*** Begin section ***
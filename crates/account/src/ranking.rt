// The rank's work on zones all of which count: S, d and their own P are worked once, then the P of each shuffle, whatever its desk.
ghost use Rattle.std.specs.Prelude.{◌≡◌, ◌≤◌, length, get_or};
ghost use Rattle.whole.specs.Table.{at, pair_at};
ghost use Rattle.account.specs.Measures.{cross_of};
ghost use Rattle.account.specs.Rank.{shuffled, compared_of, of_desk, zones_desk, three, four, twelve};
ghost use Rattle.account.specs.Steps.{cross_held, cross_moved, more};

use crate::lists::{JobLists, ShuffleRow, ShuffleRows, Weighed};
use crate::{Counts, deviations, shuffling};
use std::cmp::Ordering;

// The P of the deviations d: each row's weighted neighbours are added up first, and multiplied by the row's d once.
pub(super) fn cross_sum(weighed: &Weighed) -> i64
    ensures { result ≡ cross_held weighed.now.weights.now weighed.now.n weighed.now.d.now }
{
    // by a loop: for a signed sum at the end of a chain the check finds no bound
    let mut acc: i64 = 0;
    for (i, deviation) in weighed.d.iter().enumerate() {
        let neighbours = deviations::neighbour_sum(weighed, i);
        acc += *deviation * neighbours;
    }
    acc
}

// The P of a shuffle, from the job's deviations.
pub(super) fn shuffle_cross(weighed: &Weighed, row: &ShuffleRow) -> i64
    requires { length row.now.zones.now ≡ weighed.now.n }
    ensures { result
        ≡ cross_of (pair_at weighed.now.weights.now weighed.now.n)
        (shuffled (at weighed.now.d.now) (λ i. get_or row.now.zones.now i 0)) weighed.now.n }
{
    let Weighed { n, weights, d } = *weighed;
    let mut moved: [i64; 64] = [0; 64];
    shuffling::shuffle_deviations(d, row, &mut moved[..n]);
    cross_sum(&Weighed {
        n,
        weights,
        d: &moved[..n],
    })
}

// The counts with one shuffle more, whose P compares so.
fn counted(counts: Counts, order: Ordering) -> Counts
    requires less_bound { counts.less ≤ 498 }
    requires equal_bound { counts.equal ≤ 498 }
    requires greater_bound { counts.greater ≤ 498 }
    ensures { result ≡ more counts order }
{
    let Counts {
        less,
        equal,
        greater,
    } = counts;
    match order {
        Ordering::Less => Counts {
            less: less + 1,
            equal,
            greater,
        },
        Ordering::Equal => Counts {
            less,
            equal: equal + 1,
            greater,
        },
        Ordering::Greater => Counts {
            less,
            equal,
            greater: greater + 1,
        },
    }
}

// Of each desk, how many of its shuffles have a P less than, equal to, greater than the job's own.
pub(super) fn tally(weighed: &Weighed, shuffles: &ShuffleRows) -> [Counts; 4]
    requires { shuffles.now.n ≡ weighed.now.n }
    ensures { twelve result
        ≡ four (λ k. compared_of (of_desk shuffles.now.desks.now k)
        (cross_moved weighed.now.weights.now weighed.now.n weighed.now.d.now shuffles.now.shuffles.now)
        (cross_held weighed.now.weights.now weighed.now.n weighed.now.d.now) shuffles.now.rows) }
{
    let own = cross_sum(weighed);
    let none = Counts {
        less: 0,
        equal: 0,
        greater: 0,
    };
    let mut counts: [Counts; 4] = [none; 4];
    // by r: chunks_exact is no plainer, as it wants an n above 0, which each caller would have to show for a loop that is no shorter
    for r in 0..shuffles.rows {
        let row = shuffles.shuffle(r);
        let cross = shuffle_cross(weighed, &row);
        let desk = usize::from(shuffles.desks[r]);
        counts[desk] = counted(counts[desk], cross.cmp(&own));
    }
    counts
}

// The rank of n zones, by desk.
pub(super) fn zone_rank(job: &JobLists, shuffles: &ShuffleRows) -> [Counts; 4]
    requires { shuffles.now.n ≡ job.now.n }
    ensures { twelve result
        ≡ four (zones_desk shuffles.now.rows job.now.n job.now.values.now job.now.weights.now shuffles.now.shuffles.now
        shuffles.now.desks.now) }
{
    let JobLists { n, weights, .. } = *job;
    let summed = job.summed();
    // d has its room here, as where the sums are worked: a function for both would have to be lent it, and is no plainer
    let mut d: [i64; 64] = [0; 64];
    deviations::deviations(&summed, &mut d[..n]);
    let weighed = Weighed {
        n,
        weights,
        d: &d[..n],
    };
    tally(&weighed, shuffles)
}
*** End section ***
[DIRECTIONS] Line count for the string "each": state how many lines in the data contain it, and output nothing else.

[YOUR SOLUTION] 4